- BRIEF -
Somewhere below are a line with "line.now ++ codes" and a later line with "fn write_explanation(explanation: &Explanation, out: &mut". Output exactly those lines and all lines between them.

Excerpts from a dataset

//! `check --why`: a check that also prints what would be accepted instead, or why nothing would be.

ghost use Rattle.std.specs.Prelude.{◌≡◌, ◌≢◌, ◌++◌, [], ℕ, List, IfErr, IfOk, IfSome, OnErr, OnOk, codes, decimal, string_bytes};
ghost use Rattle.std.specs.Io.KnownBytes.{Keeps};
ghost use Rattle.stm_lines.specs.WrittenFronts.{WritesSome};
ghost use Rattle.stm_console.specs.Checking.{finding_text};
ghost use Rattle.stm_console.specs.Why.{BeginsAnswerWhy, IsAnswerWhy, WritesWhy, call_refusal_text, explanation_text};
ghost use Rattle.stm_history.specs.Explanation.{ReportsWhy};
ghost use Rattle.stm_history.specs.Judgement.{ReportsFault};

use crate::checking::{Finding, write_finding};
use std::alloc::Global;
use std::io::{ErrorKind, Read, Write};
use stm_commands::refusals::{
    refuse_cancel, refuse_delivery, refuse_finish, refuse_label, refuse_late_declaration,
    refuse_submit,
};
use stm_history::{CallRefusal, Explanation, HistoryFault, Reason, why_history};
use stm_lines::RunFault;
use stm_lines::output::write_flushed;
use stm_store::Seed;
use stm_terms::NoMemory;
use stm_terms::text::write_number;

/// Reads all bytes of a reader, which is called 4,294,967,295 times at most.
fn read_all<R: Read>(alloc: Global, reader: &mut R) -> Result<Vec<u8>, RunFault>
    ensures bytes { IfOk result (λ v. IfSome (R.remaining reader.old) (λ bytes. v.items ≡ bytes)) }
    ensures fault { IfErr result (λ e. e ≢ RunFault.Write) }
{
    let mut bytes = Vec::new(alloc);
    let mut buffer = [0u8; 8_192];
    'reads: for _ in 0..u32::MAX {
        match reader.read(&mut buffer) {
            Ok(count) => {
                if count == 0 {
                    return Ok(bytes);
                }
                match bytes.extend_from_slice(&buffer[..count]) {
                    Ok(()) => {}
                    Err(_) => return Err(RunFault::NoMemory),
                }
            }
            Err(fault) if fault.kind() == ErrorKind::Interrupted => {}
            Err(_) => return Err(RunFault::Read),
        }
    }
    Err(RunFault::Read)
}

fn write_refusal(refusal: CallRefusal, out: &mut String) -> Result<(), NoMemory>
    ensures { OnOk result
        (string_bytes out.new ≡ string_bytes out.old ++ call_refusal_text refusal) }
{
    match refusal {
        CallRefusal::Submission(error) => refuse_submit(error, out),
        CallRefusal::Delivery(error) => refuse_delivery(error, out),
        CallRefusal::Finish(error) => refuse_finish(error, out),
        CallRefusal::Cancellation(error) => refuse_cancel(error, out),
        CallRefusal::Declaration(error) => refuse_late_declaration(error, out),
        CallRefusal::Labelling(error) => refuse_label(error, out),
    }
}

fn write_expected(line: &str, out: &mut String) -> Result<(), NoMemory>
    ensures { OnOk result (string_bytes out.new
        ≡ string_bytes out.old ++ (codes "expected " ++ line.now ++ codes "\n")) }
{
    out.push_str("expected ")?;
    out.push_str(line)?;
    out.push_str("\n")
}

/// Appends what is printed of an explanation.
fn write_explanation(explanation: &Explanation, out: &mut String) -> Result<(), NoMemory>
    ensures { OnOk result
        (string_bytes out.new ≡ string_bytes out.old ++ explanation_text explanation.now) }
{
    match explanation {
        Explanation::Expected(line) => write_expected(line, out),
        Explanation::Refused(refusal) => write_refusal(*refusal, out),
        Explanation::Unreadable => out.push_str("unreadable\n"),
    }
}

/// Appends the number of a line, as it comes before an explanation.
fn write_place(line: u32, out: &mut String) -> Result<(), NoMemory>
    ensures { OnOk result (string_bytes out.new
        ≡ string_bytes out.old ++ (codes "line " ++ decimal line ++ codes " ")) }
{
    out.push_str("line ")?;
    write_number(line, out)?;
    out.push_str(" ")
}

/// Appends what is printed of a bad header, and why it is one.
fn write_bad_header(line: u32, explanation: &Explanation, out: &mut String) -> Result<(), NoMemory>
    ensures { OnOk result (string_bytes out.new ≡ string_bytes out.old
        ++ (finding_text Finding.BadHeader
        ++ (codes "line " ++ decimal line ++ codes " " ++ explanation_text explanation.now))) }
{
    write_finding(Finding::BadHeader, out)?;
    write_place(line, out)?;
    write_explanation(explanation, out)
}

/// Appends what is printed of a finding and of an explanation.
fn write_explained(
    finding: Finding,
    explanation: &Explanation,
    out: &mut String,
) -> Result<(), NoMemory>
    ensures { OnOk result (string_bytes out.new ≡ string_bytes out.old
        ++ (finding_text finding ++ explanation_text explanation.now)) }
{
    write_finding(finding, out)?;
    write_explanation(explanation, out)
}

/// Appends what is printed of bytes that are no legal history, and returns what was found.
fn write_reason(reason: &Reason, out: &mut String) -> Result<Finding, NoMemory>
    ensures { IfOk result (λ f. (bytes : List ℕ) → string_bytes out.old ≡ [] → ReportsFault reason.now.fault bytes
        → ReportsWhy bytes reason.now.fault reason.now.line reason.now.explanation
        → IsAnswerWhy bytes f (string_bytes out.new)) }
{
    let explanation = &reason.explanation;
    match reason.fault {
        HistoryFault::BadHeader => {
            write_bad_header(reason.line, explanation, out)?;
            Ok(Finding::BadHeader)
        }
        HistoryFault::BadLine(line) => {
            write_explained(Finding::BadLine(line), explanation, out)?;
            Ok(Finding::BadLine(line))
        }
        HistoryFault::NotLegal(line) => {
            write_explained(Finding::NotLegal(line), explanation, out)?;
            Ok(Finding::NotLegal(line))
        }
        HistoryFault::ReadFault => Err(NoMemory),
        HistoryFault::NoMemory => Err(NoMemory),
    }
}

/// Appends what is printed of the bytes, and returns what was found.
fn write_why(alloc: Global, seed: Seed, bytes: &[u8], out: &mut String) -> Result<Finding, NoMemory>
    requires { string_bytes out.old ≡ [] }
    ensures { IfOk result (λ f. IsAnswerWhy bytes.now f (string_bytes out.new)) }
{
    match why_history(alloc, seed, bytes) {
        Ok(Ok(legal)) => {
            let finding = Finding::Legal(legal.events);
            write_finding(finding, out)?;
            Ok(finding)
        }
        Ok(Err(reason)) => write_reason(&reason, out),
        Err(refused) => Err(refused),
    }
}

/// What is printed of the bytes, and what was found.
fn answer_why(alloc: Global, seed: Seed, bytes: &[u8]) -> Result<(Finding, String), RunFault>
    ensures answer { IfOk result (λ p. IsAnswerWhy bytes.now p.0 (string_bytes p.1)) }
    ensures memory { IfErr result (λ e. e ≡ RunFault.NoMemory) }
{
    let mut text = String::new(alloc);
    match write_why(alloc, seed, bytes, &mut text) {
        Ok(finding) => Ok((finding, text)),
        Err(_) => Err(RunFault::NoMemory),
    }
}

/// Writes what is printed of the bytes, and flushes; returns what was found.
fn answer_bytes<W: Write>(
    alloc: Global,
    seed: Seed,
    bytes: &[u8],
    writer: &mut W,
) -> Result<Finding, RunFault>
    ensures found { IfOk result (λ f. WritesSome (IsAnswerWhy bytes.now f)
        (W.contents writer.old) (W.contents writer.new)) }
    ensures part { OnErr result (WritesSome (BeginsAnswerWhy bytes.now)
        (W.contents writer.old) (W.contents writer.new)) }
    ensures unfound { IfErr result (λ e.
        e ≢ RunFault.Write → Keeps (W.contents writer.old) (W.contents writer.new)) }
{
    let (finding, text) = answer_why(alloc, seed, bytes)?;
    match write_flushed(writer, text.as_bytes()) {
        Ok(()) => Ok(finding),
        Err(fault) => Err(fault),
    }
}

/// Reads a history to its end, writes whether it is legal, and if it isn't what would be accepted in place of the first line
/// that isn't, and flushes. The whole history is read into memory first.
///
/// What is written begins as that of `check`. A line more follows unless the history is legal: `expected LINE`, `refused NAME`
/// or `unreadable`, after `bad header` with `line N ` before it. The reader is called 4,294,967,295 times at most, which no clause
/// says. The names of variables are looked up under the seed.
pub fn check_why<R: Read, W: Write>(
    alloc: Global,
    seed: Seed,
    reader: &mut R,
    writer: &mut W,
) -> Result<Finding, RunFault>
    // By the result: what was found was written, and why, or a part of it.
    ensures { WritesWhy (R.remaining reader.old) (W.contents writer.old) (W.contents writer.new) result }
{
    let bytes = read_all(alloc, reader)?;
    answer_bytes(alloc, seed, &bytes, writer)
}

- EXPECTED OUTPUT -
        ≡ string_bytes out.old ++ (codes "expected " ++ line.now ++ codes "\n")) }
{
    out.push_str("expected ")?;
    out.push_str(line)?;
    out.push_str("\n")
}

/// Appends what is printed of an explanation.
fn write_explanation(explanation: &Explanation, out: &mut String) -> Result<(), NoMemory>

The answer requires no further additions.